Журнал «Литературный Киргизстан» в № 2 за 1957 год напечатал статью В. Швембергера «Трагедия у Перкальской скалы», в которой автор совершенно серьезно, «научно» утверждал, что убийцей Лермонтова был не Мартынов, а некий пьяный казак. Якобы казак этот, причащаясь перед смертью, признался священнику в своем преступлении.
Институтом русской литературы Академии наук СССР была создана специальная комиссия, в которую вошли известные лермонтоведы (В. Мануйлов, И. Андроников, Б. Городецкий и др.) и судебные медики. Вывод комиссии был однозначен: версия В. А. Швембергера основана на вымышленных фактах и не заслуживает серьезного внимания.
Однако через 5 лет, в 1962 году, легенда снова появилась на свет и была опубликована сразу в 5 изданиях!
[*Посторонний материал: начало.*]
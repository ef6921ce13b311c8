//! The words of statements, and the items of outlines.

ghost use Rattle.std.specs.Prelude.{◌≡◌, ◌+◌, ◌<◌, ◌^◌};
ghost use Rattle.starlark_ast.specs.View.{stmt_at};
ghost use Rattle.starlark_parts.specs.Tops.{word_of, word_text};
ghost use Rattle.starlark_parts.specs.Outlines.{item_down};

use starlark_ast::ast::{AstStmt, StmtP};
use starlark_place::resolved::ResolvedPos;
use std::fmt;

/// What a statement at the top of a text is. It prints as `def`, `load`, `assign`, `modify`, `if`, `for`, `expression` or
/// `pass`.
#[derive(Clone, Copy, Debug, PartialEq, Eq)]
pub enum Word {
    Def,
    Load,
    /// An assignment with `=` alone.
    Assign,
    /// An assignment with an operator before its `=`.
    Modify,
    /// With an `else` or without.
    If,
    For,
    Expression,
    Pass,
}

impl Word {
    /// The word of a statement. A `return`, a `break` and a `continue` have none, which no text has at its top, nor has a
    /// list of statements.
    pub fn of(statement: &AstStmt) -> Option<Word>
        ensures { result ≡ word_of (stmt_at statement.now) }
    {
        match &statement.node {
            StmtP::Break => None,
            StmtP::Continue => None,
            StmtP::Pass => Some(Word::Pass),
            StmtP::Return(_) => None,
            StmtP::Expression(_) => Some(Word::Expression),
            StmtP::Assign(_) => Some(Word::Assign),
            StmtP::AssignModify(_, _, _) => Some(Word::Modify),
            StmtP::Statements(_) => None,
            StmtP::If(_, _) => Some(Word::If),
            StmtP::IfElse(_, _) => Some(Word::If),
            StmtP::For(_) => Some(Word::For),
            StmtP::Def(_) => Some(Word::Def),
            StmtP::Load(_) => Some(Word::Load),
        }
    }

    /// How it is written.
    pub fn text(self) -> &'static str
        ensures { result.now ≡ word_text self }
    {
        match self {
            Word::Def => "def",
            Word::Load => "load",
            Word::Assign => "assign",
            Word::Modify => "modify",
            Word::If => "if",
            Word::For => "for",
            Word::Expression => "expression",
            Word::Pass => "pass",
        }
    }
}

impl fmt::Display for Word {
    ghost use Rattle.std.specs.Prelude.{Some};
    ghost use Rattle.starlark_parts.specs.Tops.{word_text};

    ghost output = { λ w. Some (word_text w) };

    fn fmt<W: fmt::Write>(&self, f: &mut fmt::Formatter<W>) -> fmt::Result {
        f.write_str(self.text())
    }
}

/// A statement of an outline.
#[derive(Clone, Copy, Debug, PartialEq, Eq)]
pub struct OutlineItem {
    /// What it is.
    pub word: Word,
    /// The line and column at which it begins, both from 0.
    pub begin: ResolvedPos,
}

impl OutlineItem {
    // the same so many lines further down
    pub(crate) fn below(self, lines: usize) -> OutlineItem
        requires { lines + self.begin.line < 2 ^ 64 }
        ensures { result ≡ item_down lines self }
    {
        OutlineItem {
            word: self.word,
            begin: ResolvedPos {
                line: lines + self.begin.line,
                column: self.begin.column,
            },
        }
    }
}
При этом она обросла новыми красочными «подробностями». И так уж получилось, что версия тайного стрелка-убийцы до сих пор витает в умах отдельных, фанатично настроенных литературоведов и передается из уст в уста между поклонниками творчества Лермонтова.
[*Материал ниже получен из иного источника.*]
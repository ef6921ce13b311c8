//! Lists whose entries are moved.

ghost use Rattle.std.specs.Prelude.{◌≡◌, ◌<◌, ◌≤◌, get_or, if◌then◌else◌, is_ok, length, set};
ghost use Rattle.std.specs.List.{insert, remove};

use std::alloc::AllocError;

/// Puts a value before the one at that index, or behind the last. Where memory runs out nothing changes.
pub(crate) fn put<T: Drop>(xs: &mut Vec<T>, index: usize, x: T) -> Result<(), AllocError>
    requires { index ≤ length xs.old.items }
    ensures { xs.new.items ≡ (if is_ok result then insert xs.old.items index x else xs.old.items) }
{
    match xs.insert(index, x) {
        Ok(()) => Ok(()),
        Err(_) => Err(AllocError),
    }
}

/// Puts a value in the place of the one at that index.
pub(crate) fn exchange<T: Drop>(xs: &mut Vec<T>, index: usize, x: T)
    requires { index < length xs.old.items }
    ensures { xs.new.items ≡ set xs.old.items index x }
{
    xs[index] = x;
}

/// Leaves the value at that index out.
pub(crate) fn leave_out<T: Drop>(xs: &mut Vec<T>, index: usize)
    requires { index < length xs.old.items }
    ensures { xs.new.items ≡ remove xs.old.items index }
{
    let _ = xs.remove(index);
}

/// Takes the value at one index out and puts it at another one of what is left.
pub(crate) fn move_entry<T: Drop>(xs: &mut Vec<T>, from: usize, to: usize)
    requires from { from < length xs.old.items }
    requires to { to < length xs.old.items }
    ensures { (d : T) → xs.new.items ≡ insert (remove xs.old.items from) to (get_or xs.old.items from d) }
{
    let x = xs.remove(from);
    let _ = xs.insert(to, x);
}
Обобщенно суть различных вариантов этой версии сводится к следующему. В Пятигорске якобы существовал заговор с целью убийства Лермонтова, организованный тайной полицией и, возможно, санкционированный высшими чинами государства (Бенкендорфом, военным министром Чернышевым, Николаем I). На спровоцированной дуэли Мартынова и Лермонтова негласно, тайно, присутствовал некий наемный убийца (казак, жандарм или подкупленный горец), вооруженный винтовкой и скрывающийся во время поединка рядом с местом дуэли. В зависимости от фантазии автора указываются различные «огневые точки» для стрелка (по отношению к Лермонтову): под кустом сбоку и справа от него, в кустах под обрывом спереди и сбоку, в кустах на скале или за выступом скалы сзади и выше Михаила Юрьевича. Одновременно или почти одновременно с выстрелом Мартынова был произведен выстрел из винтовки наемным убийцей. Мартынов («плохой стрелок») промахнулся, а пуля из винтовки намертво сразила поручика.